=== RECORDS FOR THE EXERCISE ===
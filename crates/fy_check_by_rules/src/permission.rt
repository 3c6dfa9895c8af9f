//! Whether grants cover a process: what the second rule asks.
ghost use Rattle.std.specs.Prelude.{◌≡◌};
ghost use Rattle.fy_kinds.specs.Kinds.{only};
ghost use Rattle.fy_grants.specs.Rights.{is_in_scope, is_granted, is_covered};
ghost use Rattle.fy_check_by_rules.specs.Deeds.{deed_of};

use crate::asked::AskedDeed;
use fy_grants::{Grant, Scope};
use fy_kinds::KindSet;
use fy_locality::{Map, ProcId};

/// The set of this one deed.
fn alone(asked: AskedDeed) -> KindSet
    ensures { result ≡ only (deed_of asked) }
{
    match asked {
        AskedDeed::Strike(kind) => KindSet::of(kind),
        AskedDeed::Clog => KindSet::of_clog(),
    }
}

/// Whether the process is in the scope.
fn is_in_scope(map: &Map, scope: Scope, p: ProcId) -> bool
    ensures { result ≡ is_in_scope map.now scope p.0 }
{
    match scope {
        Scope::All => true,
        Scope::Where(target) => map.members(target.key, &target.value).contains(p),
    }
}

/// Whether the grant is for all of these kinds and covers the process.
fn is_granted(map: &Map, grant: Grant, kinds: KindSet, p: ProcId) -> bool
    ensures { result ≡ is_granted map.now grant kinds p.0 }
{
    grant.kinds.contains(kinds) && is_in_scope(map, grant.scope, p)
}

/// Whether one of the grants is for what is asked and covers the process.
pub(crate) fn is_covered(map: &Map, grants: &[Grant], asked: AskedDeed, p: ProcId) -> bool
    ensures { result ≡ is_covered map.now grants.now (only (deed_of asked)) p.0 }
{
    let kinds = alone(asked);
    grants.iter().any(|grant| is_granted(map, *grant, kinds, p))
}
===
**WHAT YOU HAVE TO DO**
Look through the data above. Each line containing the word "only" needs to be copied.

**EXERCISE SOLUTION**
ghost use Rattle.fy_kinds.specs.Kinds.{only};
    ensures { result ≡ only (deed_of asked) }
    ensures { result ≡ is_covered map.now grants.now (only (deed_of asked)) p.0 }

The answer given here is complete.